Todo se quedó en silencio, únicamente escuchaba el sonido de su respiración y una voz seca y cortante pregunto.
—Bruja, por última vez, ¿dónde están los cuerpos de nuestros hijos?
La anciana se mantenía en silencio y pude sentir que jamás tendrían esa respuesta. Intenté hablar y decirles que estaban cometiendo un grave error, que esta mujer era inocente, pero las palabras no brotaban de sus labios. Yo solo podía ver, sentir, escuchar y, dejar que el fuego calcine a una pobre mujer inocente.

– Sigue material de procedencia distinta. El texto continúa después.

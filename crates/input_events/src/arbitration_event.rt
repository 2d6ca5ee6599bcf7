// What an event asks the registry to arbitrate, and which events are not arbitrated.
ghost use Rattle.std.specs.Prelude.{◌≡◌};
ghost use Rattle.input_events.specs.ArbitrationEvents.{pointer_event, key_event, shortcut_event, gamepad_event, arbitration_event_in, arbitration_event, is_aimed, needs_hits, pointer_point, wheel_point, no_point, point_of, is_loss, is_disconnect};

use crate::event::{
    GamepadInput, KeyPhase, PlatformInputEvent, PlatformInputPayload, PointerInput, PointerPhase,
    ShortcutInput, WheelInput,
};
use crate::presses::pointer_of;
use geometry::transform::Point;
use handles::GenerationalHandle;
use maps::keys::{CompositionPointerId, InputDeviceId};
use records::trace::ArbitrationEvent;

fn pointer_event(
    phase: PointerPhase,
    pointer: CompositionPointerId,
    held: Option<GenerationalHandle>,
) -> ArbitrationEvent
    ensures { result ≡ pointer_event phase pointer held }
{
    match phase {
        PointerPhase::Down | PointerPhase::Move => ArbitrationEvent::PointerStackFor { pointer },
        PointerPhase::Up | PointerPhase::Cancel => {
            ArbitrationEvent::PointerFor { pointer, hit: held }
        }
    }
}

fn key_event(phase: KeyPhase, held: Option<GenerationalHandle>) -> ArbitrationEvent
    ensures { result ≡ key_event phase held }
{
    match phase {
        KeyPhase::Down => ArbitrationEvent::Keyboard,
        KeyPhase::Up => ArbitrationEvent::KeyboardFor { target: held },
    }
}

fn shortcut_event(shortcut: ShortcutInput) -> ArbitrationEvent
    ensures { result ≡ shortcut_event shortcut.system shortcut.class_mask }
{
    if shortcut.system {
        ArbitrationEvent::SystemShortcut {
            class_mask: shortcut.class_mask,
        }
    } else {
        ArbitrationEvent::Shortcut
    }
}

fn gamepad_event(gamepad: GamepadInput, held: Option<GenerationalHandle>) -> ArbitrationEvent
    ensures { result ≡ gamepad_event gamepad.connected held }
{
    if gamepad.connected {
        ArbitrationEvent::Gamepad
    } else {
        ArbitrationEvent::GamepadFor { target: held }
    }
}

#[tactic(auto, unfolding(crate::specs::ArbitrationEvents::arbitration_event_in))]
fn arbitration_event_in(
    device: InputDeviceId,
    payload: PlatformInputPayload,
    held: Option<GenerationalHandle>,
) -> ArbitrationEvent
    ensures { result ≡ arbitration_event_in device payload held }
{
    match payload {
        PlatformInputPayload::Pointer(pointer) => {
            pointer_event(pointer.phase, pointer_of(device, pointer.contact), held)
        }
        PlatformInputPayload::Wheel(wheel) => ArbitrationEvent::PointerStackFor {
            pointer: pointer_of(device, wheel.contact),
        },
        PlatformInputPayload::Key(key) => key_event(key.phase, held),
        PlatformInputPayload::Shortcut(shortcut) => shortcut_event(shortcut),
        PlatformInputPayload::Text(_) | PlatformInputPayload::Composition(_) => {
            ArbitrationEvent::Text
        }
        PlatformInputPayload::GamepadSnapshot(gamepad) => gamepad_event(gamepad, held),
        PlatformInputPayload::FocusChanged(_)
        | PlatformInputPayload::VisibilityChanged(_)
        | PlatformInputPayload::DeviceDisconnected => ArbitrationEvent::Keyboard,
    }
}

// What an event asks the registry to arbitrate, with the panel that holds its press. A disconnect is never arbitrated.
pub fn arbitration_event(
    event: PlatformInputEvent,
    held: Option<GenerationalHandle>,
) -> ArbitrationEvent
    ensures { result ≡ arbitration_event event held }
{
    arbitration_event_in(event.header.device, event.payload, held)
}

fn is_aimed(phase: PointerPhase) -> bool
    ensures { result ≡ is_aimed phase }
{
    matches!(phase, PointerPhase::Down | PointerPhase::Move)
}

// Whether an event needs the hits at its point.
#[tactic(auto, unfolding(crate::specs::ArbitrationEvents::needs_hits))]
pub fn needs_hits(payload: PlatformInputPayload) -> bool
    ensures { result ≡ needs_hits payload }
{
    match payload {
        PlatformInputPayload::Pointer(pointer) => is_aimed(pointer.phase),
        PlatformInputPayload::Wheel(_) => true,
        PlatformInputPayload::Key(_)
        | PlatformInputPayload::Shortcut(_)
        | PlatformInputPayload::Text(_)
        | PlatformInputPayload::Composition(_)
        | PlatformInputPayload::GamepadSnapshot(_)
        | PlatformInputPayload::FocusChanged(_)
        | PlatformInputPayload::VisibilityChanged(_)
        | PlatformInputPayload::DeviceDisconnected => false,
    }
}

fn pointer_point(pointer: PointerInput) -> Point
    ensures { result ≡ pointer_point pointer }
{
    Point {
        x_milli: pointer.x_milli,
        y_milli: pointer.y_milli,
    }
}

fn wheel_point(wheel: WheelInput) -> Point
    ensures { result ≡ wheel_point wheel }
{
    Point {
        x_milli: wheel.x_milli,
        y_milli: wheel.y_milli,
    }
}

fn no_point() -> Point
    ensures { result ≡ no_point }
{
    Point {
        x_milli: 0,
        y_milli: 0,
    }
}

// The point of an event, in thousandths; of an event that has none, the corner of its view.
#[tactic(auto, unfolding(crate::specs::ArbitrationEvents::point_of))]
pub fn point_of(payload: PlatformInputPayload) -> Point
    ensures { result ≡ point_of payload }
{
    match payload {
        PlatformInputPayload::Pointer(pointer) => pointer_point(pointer),
        PlatformInputPayload::Wheel(wheel) => wheel_point(wheel),
        PlatformInputPayload::Key(_)
        | PlatformInputPayload::Shortcut(_)
        | PlatformInputPayload::Text(_)
        | PlatformInputPayload::Composition(_)
        | PlatformInputPayload::GamepadSnapshot(_)
        | PlatformInputPayload::FocusChanged(_)
        | PlatformInputPayload::VisibilityChanged(_)
        | PlatformInputPayload::DeviceDisconnected => no_point(),
    }
}

// Whether an event is its view's loss of focus or visibility.
#[tactic(auto, unfolding(crate::specs::ArbitrationEvents::is_loss))]
pub fn is_loss(payload: PlatformInputPayload) -> bool
    ensures { result ≡ is_loss payload }
{
    match payload {
        PlatformInputPayload::FocusChanged(kept) | PlatformInputPayload::VisibilityChanged(kept) =>
            { !kept }
        PlatformInputPayload::Pointer(_)
        | PlatformInputPayload::Wheel(_)
        | PlatformInputPayload::Key(_)
        | PlatformInputPayload::Shortcut(_)
        | PlatformInputPayload::Text(_)
        | PlatformInputPayload::Composition(_)
        | PlatformInputPayload::GamepadSnapshot(_)
        | PlatformInputPayload::DeviceDisconnected => false,
    }
}

// Whether an event is its device's disconnect.
#[tactic(auto, unfolding(crate::specs::ArbitrationEvents::is_disconnect))]
pub fn is_disconnect(payload: PlatformInputPayload) -> bool
    ensures { result ≡ is_disconnect payload }
{
    matches!(payload, PlatformInputPayload::DeviceDisconnected)
}
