// What an event is refused for before the router's own state is asked.
ghost use Rattle.std.specs.Prelude.{◌≡◌};
ghost use Rattle.input_events.specs.Checks.{contact_refusal, is_tilt_allowed, pointer_refusal, selection_refusal, shortcut_refusal, payload_refusal, device_refusal, found_view, window_refusal, metrics_refusal, header_refusal_in, event_refusal_in, event_refusal};

use crate::error::{PlatformInputError, RouterOutcome};
use crate::event::{
    CompositionInput, PlatformInputEvent, PlatformInputHeader, PlatformInputPayload, PointerInput,
    ShortcutInput,
};
use handles::GenerationalHandle;
use maps::keys::InputDeviceId;
use records::error::{CompositionError, Outcome, refuse_if};
use records::view::ViewTable;

fn contact_refusal(contact: u32) -> RouterOutcome
    ensures { result ≡ contact_refusal contact }
{
    refuse_if(contact == 4294967295, PlatformInputError::InvalidPointer)
}

fn is_tilt_allowed(pointer: PointerInput) -> bool
    ensures { result ≡ is_tilt_allowed pointer }
{
    pointer.tilt_x_degrees >= -90
        && pointer.tilt_x_degrees <= 90
        && pointer.tilt_y_degrees >= -90
        && pointer.tilt_y_degrees <= 90
}

fn pointer_refusal(pointer: PointerInput) -> RouterOutcome
    ensures { result ≡ pointer_refusal pointer }
{
    contact_refusal(pointer.contact)?;
    refuse_if(
        pointer.pressure_q15 > 32768,
        PlatformInputError::InvalidPressure,
    )?;
    refuse_if(!is_tilt_allowed(pointer), PlatformInputError::InvalidTilt)
}

fn selection_refusal(composition: CompositionInput) -> RouterOutcome
    ensures { result ≡ selection_refusal composition }
{
    refuse_if(
        composition.selection_start > composition.selection_end
            || composition.selection_end > composition.length,
        PlatformInputError::InvalidTextSelection,
    )
}

fn shortcut_refusal(shortcut: ShortcutInput) -> RouterOutcome
    ensures { result ≡ shortcut_refusal shortcut }
{
    refuse_if(
        shortcut.class_mask == 0,
        PlatformInputError::InvalidShortcut,
    )
}

// What a payload is refused for.
#[tactic(auto, unfolding(crate::specs::Checks::payload_refusal))]
pub fn payload_refusal(payload: PlatformInputPayload) -> RouterOutcome
    ensures { result ≡ payload_refusal payload }
{
    match payload {
        PlatformInputPayload::Pointer(pointer) => pointer_refusal(pointer),
        PlatformInputPayload::Wheel(wheel) => contact_refusal(wheel.contact),
        PlatformInputPayload::Shortcut(shortcut) => shortcut_refusal(shortcut),
        PlatformInputPayload::Composition(composition) => selection_refusal(composition),
        PlatformInputPayload::Key(_)
        | PlatformInputPayload::Text(_)
        | PlatformInputPayload::GamepadSnapshot(_)
        | PlatformInputPayload::FocusChanged(_)
        | PlatformInputPayload::VisibilityChanged(_)
        | PlatformInputPayload::DeviceDisconnected => Ok(()),
    }
}

pub fn device_refusal(device: InputDeviceId) -> RouterOutcome
    ensures { result ≡ device_refusal device }
{
    refuse_if(!device.is_valid(), PlatformInputError::InvalidDevice)
}

// What is found of a header's view: why it is no live view, if so, its window and the revision of its metrics. No
// Result: the refusal comes after others in the order of checks, and the rest is read of any slot.
#[derive(Clone, Copy)]
pub struct FoundView {
    pub unknown: Outcome,
    pub window: GenerationalHandle,
    pub metrics_revision: u64,
}

// Looks a view up in its table.
pub fn find_view(views: ViewTable, view: GenerationalHandle) -> FoundView
    ensures { result ≡ found_view views view }
{
    let record = views.record(view);
    FoundView {
        unknown: views.refusal(view),
        window: record.window,
        metrics_revision: record.metrics.revision,
    }
}

fn window_refusal(found: FoundView, header: PlatformInputHeader) -> RouterOutcome
    ensures { result ≡ window_refusal found header }
{
    refuse_if(
        found.window != header.window,
        PlatformInputError::InvalidWindow,
    )
}

fn metrics_refusal(found: FoundView, header: PlatformInputHeader) -> RouterOutcome
    ensures { result ≡ metrics_refusal found header }
{
    refuse_if(
        found.metrics_revision != header.metrics_revision,
        PlatformInputError::Composition(CompositionError::RevisionConflict),
    )
}

// What a header is refused for: its view, the window of that view, and the revision of its metrics.
#[tactic(auto, unfolding(crate::specs::Checks::header_refusal_in))]
pub fn header_refusal_in(found: FoundView, header: PlatformInputHeader) -> RouterOutcome
    ensures { result ≡ header_refusal_in found header }
{
    found.unknown?;
    window_refusal(found, header)?;
    metrics_refusal(found, header)
}

// What an event is refused for, by what is found of its view and whatever the router holds.
pub fn event_refusal_in(found: FoundView, event: PlatformInputEvent) -> RouterOutcome
    ensures { result ≡ event_refusal_in found event }
{
    device_refusal(event.header.device)?;
    header_refusal_in(found, event.header)?;
    payload_refusal(event.payload)
}

// The same with the table of views.
#[tactic(auto, unfolding(crate::specs::Checks::event_refusal))]
pub fn event_refusal(views: ViewTable, event: PlatformInputEvent) -> RouterOutcome
    ensures { result ≡ event_refusal views event }
{
    event_refusal_in(find_view(views, event.header.view), event)
}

Un calor abrasador empieza a tocarme la planta de los pies. El olor de madera quemada me obstruye las fosas nasales, casi no puedo respirar; Gritos, risas e insultos es lo único que escucho a mi alrededor.
El fuego quema mi piel. No puedo apartarlo de mí, mis pies y manos están atados, no puedo soportar el dolor, ¡dios quiero morir, termina con esto ya!
Escucho a la anciana gritar. El sonido de su garganta me está taladrando la mente, es pura agonía y sufrimiento...
Veo todo borroso, distorsionado, ya únicamente escucho una voz diciéndome cada vez más nítida.
—¡cállate, cállate!, ¡silencio!, ¡deja de gritar!, despertarás a los otros internos, no me obligues a inyectarte esto.
Grita un hombre tras la reja de la puerta, mientras me mostraba una jeringuilla con un líquido amarillo y espeso en su interior.
Cojo aire como si hiciera una eternidad que no respiraba. Miro a mi alrededor buscando a esa gente encapuchada, moviendo las manos desquiciadamente apagando un fuego que ya no estaba sobre mí.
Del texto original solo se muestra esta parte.